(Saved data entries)

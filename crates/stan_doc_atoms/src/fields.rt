//! Fields of a shape.

ghost use Rattle.std.specs.Prelude.{◌≤◌, map};
ghost use Rattle.stan_model_doc.specs.Rules as rules;
ghost use Rattle.stan_model_doc.specs.Symbols as sorts;
ghost use Rattle.stan_model_doc.specs.Trees.{nil, mark};
ghost use Rattle.stan_places.specs.Gives.{Gives, at};
ghost use Rattle.stan_doc_descent.specs.Parse.{standing};
ghost use Rattle.stan_doc_trees.specs.Tree.{behind_mark, further, flagged, field_of};
ghost use Rattle.stan_doc_parts.specs.Gives as spec;
ghost use Rattle.stan_doc_parts.specs.Nests.{Nests};

use sqlite_items::Items;
use stan_doc_parts::parser::{Parser, Part};
use stan_doc_parts::places::enter;
use stan_doc_parts::words::Keys;
use stan_doc_trees::{Field, Key, Unary, Written};
use stan_model_doc::token::{DocKind, DocToken};
use stan_places::stop::Stop;
use std::alloc::Global;

/// The `?` of a key.
pub struct QuestionMark;

impl Part for QuestionMark {
    type Tree = ();

    ghost sort = { sorts.QuestionMark };

    ghost view = { λ _. (rules.question_mark, mark nil) };

    #[tactic(auto, using(stan_doc_parts::proofs::Productions::part_enters), unfolding(stan_doc_parts::specs::Gives::whole))]
    fn read<
        W: Fn(Global, &[DocToken], usize, usize) -> Result<(Written, usize), Stop>,
        U: Fn(Global, &[DocToken], usize, usize) -> Result<(Unary, usize), Stop>,
    >(parser: &Parser<'_, W, U>, levels: usize, place: usize) -> Result<((), usize), Stop> {
        enter(levels)?;
        let to = parser.expect(DocKind::Question, place)?;
        Ok(((), to))
    }
}

/// The `,` behind the last field.
pub struct LastComma;

impl Part for LastComma {
    type Tree = ();

    ghost sort = { sorts.LastComma };

    ghost view = { λ _. (rules.last_comma, mark nil) };

    #[tactic(auto, using(stan_doc_parts::proofs::Productions::part_enters), unfolding(stan_doc_parts::specs::Gives::whole))]
    fn read<
        W: Fn(Global, &[DocToken], usize, usize) -> Result<(Written, usize), Stop>,
        U: Fn(Global, &[DocToken], usize, usize) -> Result<(Unary, usize), Stop>,
    >(parser: &Parser<'_, W, U>, levels: usize, place: usize) -> Result<((), usize), Stop> {
        enter(levels)?;
        let to = parser.expect(DocKind::Comma, place)?;
        Ok(((), to))
    }
}

// A type behind a key.
#[tactic(auto, using(stan_doc_trees::proofs::Layers::layers), unfolding(stan_doc_parts::specs::Gives::whole))]
fn keyed<
    W: Fn(Global, &[DocToken], usize, usize) -> Result<(Written, usize), Stop>,
    U: Fn(Global, &[DocToken], usize, usize) -> Result<(Unary, usize), Stop>,
>(parser: &Parser<'_, W, U>, levels: usize, place: usize) -> Result<(Field, usize), Stop>
    requires nests { Nests parser.now.levels (W.pre parser.now.read_written) (W.post parser.now.read_written) (U.pre parser.now.read_unary) (U.post parser.now.read_unary) }
    requires room { levels ≤ parser.now.levels }
    ensures { Gives (at field_of) result (spec.whole parser.now.tokens.now levels rules.keyed place) }
{
    let levels = enter(levels)?;
    let (name, to) = parser.word::<Keys>(place)?;
    let (question, to) = parser.maybe::<QuestionMark>(levels, to)?;
    let to = parser.expect(DocKind::Colon, to)?;
    let (value, to) = parser.written(levels, to)?;
    let is_optional = match question {
        None => false,
        Some(()) => true,
    };
    let key = Some(Key { name, is_optional });
    Ok((Field { key, value }, to))
}

// A type alone.
#[tactic(auto, using(stan_doc_trees::proofs::Layers::layers), unfolding(stan_doc_parts::specs::Gives::whole))]
fn plain_field<
    W: Fn(Global, &[DocToken], usize, usize) -> Result<(Written, usize), Stop>,
    U: Fn(Global, &[DocToken], usize, usize) -> Result<(Unary, usize), Stop>,
>(parser: &Parser<'_, W, U>, levels: usize, place: usize) -> Result<(Field, usize), Stop>
    requires nests { Nests parser.now.levels (W.pre parser.now.read_written) (W.post parser.now.read_written) (U.pre parser.now.read_unary) (U.post parser.now.read_unary) }
    requires room { levels ≤ parser.now.levels }
    ensures { Gives (at field_of) result (spec.whole parser.now.tokens.now levels rules.plain_field place) }
{
    let levels = enter(levels)?;
    let (value, to) = parser.written(levels, place)?;
    let key = None;
    Ok((Field { key, value }, to))
}

/// A field.
pub struct FieldPart;

impl Part for FieldPart {
    type Tree = Field;

    ghost sort = { sorts.Field };

    ghost view = { field_of };

    #[tactic(auto, using(stan_doc_parts::proofs::Productions::part_first))]
    fn read<
        W: Fn(Global, &[DocToken], usize, usize) -> Result<(Written, usize), Stop>,
        U: Fn(Global, &[DocToken], usize, usize) -> Result<(Unary, usize), Stop>,
    >(parser: &Parser<'_, W, U>, levels: usize, place: usize) -> Result<(Field, usize), Stop> {
        match keyed(parser, levels, place) {
            Ok(found) => Ok(found),
            Err(Stop::Memory) => Err(Stop::Memory),
            Err(Stop::Absent) => plain_field(parser, levels, place),
        }
    }
}

/// A further field.
pub struct FurtherField;

impl Part for FurtherField {
    type Tree = Field;

    ghost sort = { sorts.FurtherField };

    ghost view = { λ x. behind_mark rules.further_field (field_of x) };

    #[tactic(auto, using(stan_doc_parts::proofs::Productions::part_enters), unfolding(stan_doc_parts::specs::Gives::whole))]
    fn read<
        W: Fn(Global, &[DocToken], usize, usize) -> Result<(Written, usize), Stop>,
        U: Fn(Global, &[DocToken], usize, usize) -> Result<(Unary, usize), Stop>,
    >(parser: &Parser<'_, W, U>, levels: usize, place: usize) -> Result<(Field, usize), Stop> {
        let levels = enter(levels)?;
        let to = parser.expect(DocKind::Comma, place)?;
        let (field, to) = FieldPart::read(parser, levels, to)?;
        Ok((field, to))
    }
}

/// Fields: the first, the further ones, and whether a `,` stands behind the last.
pub struct Fields;

impl Part for Fields {
    type Tree = (Field, Items<Field>, bool);

    ghost sort = { sorts.Fields };

    ghost view = { λ x. (rules.fields, standing (field_of x.0) (further rules.further_field (map field_of x.1) (flagged rules.last_comma x.2 nil))) };

    #[tactic(auto, using(stan_doc_parts::proofs::Productions::part_enters, crate::proofs::Further::further_fields), unfolding(stan_doc_parts::specs::Gives::whole))]
    fn read<
        W: Fn(Global, &[DocToken], usize, usize) -> Result<(Written, usize), Stop>,
        U: Fn(Global, &[DocToken], usize, usize) -> Result<(Unary, usize), Stop>,
    >(
        parser: &Parser<'_, W, U>,
        levels: usize,
        place: usize,
    ) -> Result<((Field, Items<Field>, bool), usize), Stop> {
        let levels = enter(levels)?;
        let (first, to) = FieldPart::read(parser, levels, place)?;
        let (more, to) = parser.all::<FurtherField>(levels, to)?;
        let (comma, to) = parser.maybe::<LastComma>(levels, to)?;
        match comma {
            None => Ok(((first, more, false), to)),
            Some(()) => Ok(((first, more, true), to)),
        }
    }
}
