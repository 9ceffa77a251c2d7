//! What stands behind the names in a `use` of traits in a class.
#![tactic(auto)]

pub mod adaptations;
pub mod aliases;
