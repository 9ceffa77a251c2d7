//! Atoms of PHPDoc types: names, literals, shapes, ranges, callables and types in brackets, over what reads a type a level deeper.
#![tactic(auto)]

mod atoms;
mod fields;
mod lists;

pub use atoms::AtomPart;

### TRY IT
Repeat each record word for word. Do not leave any out.

### FINAL ANSWER
filename crates/stan_doc_atoms/src/fields.rt
//! Fields of a shape.

ghost use Rattle.std.specs.Prelude.{◌≤◌, map};
ghost use Rattle.stan_model_doc.specs.Rules as rules;
ghost use Rattle.stan_model_doc.specs.Symbols as sorts;
ghost use Rattle.stan_model_doc.specs.Trees.{nil, mark};
ghost use Rattle.stan_places.specs.Gives.{Gives, at};
ghost use Rattle.stan_doc_descent.specs.Parse.{standing};
ghost use Rattle.stan_doc_trees.specs.Tree.{behind_mark, further, flagged, field_of};
ghost use Rattle.stan_doc_parts.specs.Gives as spec;
ghost use Rattle.stan_doc_parts.specs.Nests.{Nests};

use sqlite_items::Items;
use stan_doc_parts::parser::{Parser, Part};
use stan_doc_parts::places::enter;
use stan_doc_parts::words::Keys;
use stan_doc_trees::{Field, Key, Unary, Written};
use stan_model_doc::token::{DocKind, DocToken};
use stan_places::stop::Stop;
use std::alloc::Global;

/// The `?` of a key.
pub struct QuestionMark;

impl Part for QuestionMark {
    type Tree = ();

    ghost sort = { sorts.QuestionMark };

    ghost view = { λ _. (rules.question_mark, mark nil) };

    #[tactic(auto, using(stan_doc_parts::proofs::Productions::part_enters), unfolding(stan_doc_parts::specs::Gives::whole))]
    fn read<
        W: Fn(Global, &[DocToken], usize, usize) -> Result<(Written, usize), Stop>,
        U: Fn(Global, &[DocToken], usize, usize) -> Result<(Unary, usize), Stop>,
    >(parser: &Parser<'_, W, U>, levels: usize, place: usize) -> Result<((), usize), Stop> {
        enter(levels)?;
        let to = parser.expect(DocKind::Question, place)?;
        Ok(((), to))
    }
}

/// The `,` behind the last field.
pub struct LastComma;

impl Part for LastComma {
    type Tree = ();

    ghost sort = { sorts.LastComma };

    ghost view = { λ _. (rules.last_comma, mark nil) };

    #[tactic(auto, using(stan_doc_parts::proofs::Productions::part_enters), unfolding(stan_doc_parts::specs::Gives::whole))]
    fn read<
        W: Fn(Global, &[DocToken], usize, usize) -> Result<(Written, usize), Stop>,
        U: Fn(Global, &[DocToken], usize, usize) -> Result<(Unary, usize), Stop>,
    >(parser: &Parser<'_, W, U>, levels: usize, place: usize) -> Result<((), usize), Stop> {
        enter(levels)?;
        let to = parser.expect(DocKind::Comma, place)?;
        Ok(((), to))
    }
}

// A type behind a key.
#[tactic(auto, using(stan_doc_trees::proofs::Layers::layers), unfolding(stan_doc_parts::specs::Gives::whole))]
fn keyed<
    W: Fn(Global, &[DocToken], usize, usize) -> Result<(Written, usize), Stop>,
    U: Fn(Global, &[DocToken], usize, usize) -> Result<(Unary, usize), Stop>,
>(parser: &Parser<'_, W, U>, levels: usize, place: usize) -> Result<(Field, usize), Stop>
    requires nests { Nests parser.now.levels (W.pre parser.now.read_written) (W.post parser.now.read_written) (U.pre parser.now.read_unary) (U.post parser.now.read_unary) }
    requires room { levels ≤ parser.now.levels }
    ensures { Gives (at field_of) result (spec.whole parser.now.tokens.now levels rules.keyed place) }
{
    let levels = enter(levels)?;
    let (name, to) = parser.word::<Keys>(place)?;
    let (question, to) = parser.maybe::<QuestionMark>(levels, to)?;
    let to = parser.expect(DocKind::Colon, to)?;
    let (value, to) = parser.written(levels, to)?;
    let is_optional = match question {
        None => false,
        Some(()) => true,
    };
    let key = Some(Key { name, is_optional });
    Ok((Field { key, value }, to))
}

// A type alone.
#[tactic(auto, using(stan_doc_trees::proofs::Layers::layers), unfolding(stan_doc_parts::specs::Gives::whole))]
fn plain_field<
    W: Fn(Global, &[DocToken], usize, usize) -> Result<(Written, usize), Stop>,
    U: Fn(Global, &[DocToken], usize, usize) -> Result<(Unary, usize), Stop>,
>(parser: &Parser<'_, W, U>, levels: usize, place: usize) -> Result<(Field, usize), Stop>
    requires nests { Nests parser.now.levels (W.pre parser.now.read_written) (W.post parser.now.read_written) (U.pre parser.now.read_unary) (U.post parser.now.read_unary) }
    requires room { levels ≤ parser.now.levels }
    ensures { Gives (at field_of) result (spec.whole parser.now.tokens.now levels rules.plain_field place) }
{
    let levels = enter(levels)?;
    let (value, to) = parser.written(levels, place)?;
    let key = None;
    Ok((Field { key, value }, to))
}

/// A field.
pub struct FieldPart;

impl Part for FieldPart {
    type Tree = Field;

    ghost sort = { sorts.Field };

    ghost view = { field_of };

    #[tactic(auto, using(stan_doc_parts::proofs::Productions::part_first))]
    fn read<
        W: Fn(Global, &[DocToken], usize, usize) -> Result<(Written, usize), Stop>,
        U: Fn(Global, &[DocToken], usize, usize) -> Result<(Unary, usize), Stop>,
    >(parser: &Parser<'_, W, U>, levels: usize, place: usize) -> Result<(Field, usize), Stop> {
        match keyed(parser, levels, place) {
            Ok(found) => Ok(found),
            Err(Stop::Memory) => Err(Stop::Memory),
            Err(Stop::Absent) => plain_field(parser, levels, place),
        }
    }
}

/// A further field.
pub struct FurtherField;

impl Part for FurtherField {
    type Tree = Field;

    ghost sort = { sorts.FurtherField };

    ghost view = { λ x. behind_mark rules.further_field (field_of x) };

    #[tactic(auto, using(stan_doc_parts::proofs::Productions::part_enters), unfolding(stan_doc_parts::specs::Gives::whole))]
    fn read<
        W: Fn(Global, &[DocToken], usize, usize) -> Result<(Written, usize), Stop>,
        U: Fn(Global, &[DocToken], usize, usize) -> Result<(Unary, usize), Stop>,
    >(parser: &Parser<'_, W, U>, levels: usize, place: usize) -> Result<(Field, usize), Stop> {
        let levels = enter(levels)?;
        let to = parser.expect(DocKind::Comma, place)?;
        let (field, to) = FieldPart::read(parser, levels, to)?;
        Ok((field, to))
    }
}

/// Fields: the first, the further ones, and whether a `,` stands behind the last.
pub struct Fields;

impl Part for Fields {
    type Tree = (Field, Items<Field>, bool);

    ghost sort = { sorts.Fields };

    ghost view = { λ x. (rules.fields, standing (field_of x.0) (further rules.further_field (map field_of x.1) (flagged rules.last_comma x.2 nil))) };

    #[tactic(auto, using(stan_doc_parts::proofs::Productions::part_enters, crate::proofs::Further::further_fields), unfolding(stan_doc_parts::specs::Gives::whole))]
    fn read<
        W: Fn(Global, &[DocToken], usize, usize) -> Result<(Written, usize), Stop>,
        U: Fn(Global, &[DocToken], usize, usize) -> Result<(Unary, usize), Stop>,
    >(
        parser: &Parser<'_, W, U>,
        levels: usize,
        place: usize,
    ) -> Result<((Field, Items<Field>, bool), usize), Stop> {
        let levels = enter(levels)?;
        let (first, to) = FieldPart::read(parser, levels, place)?;
        let (more, to) = parser.all::<FurtherField>(levels, to)?;
        let (comma, to) = parser.maybe::<LastComma>(levels, to)?;
        match comma {
            None => Ok(((first, more, false), to)),
            Some(()) => Ok(((first, more, true), to)),
        }
    }
}
repository 9ceffa77a251c2d7
//! What stands behind the names in a `use` of traits in a class.
#![tactic(auto)]

pub mod adaptations;
pub mod aliases;
repository 9ceffa77a251c2d7
//! Atoms of PHPDoc types: names, literals, shapes, ranges, callables and types in brackets, over what reads a type a level deeper.
#![tactic(auto)]

mod atoms;
mod fields;
mod lists;

pub use atoms::AtomPart;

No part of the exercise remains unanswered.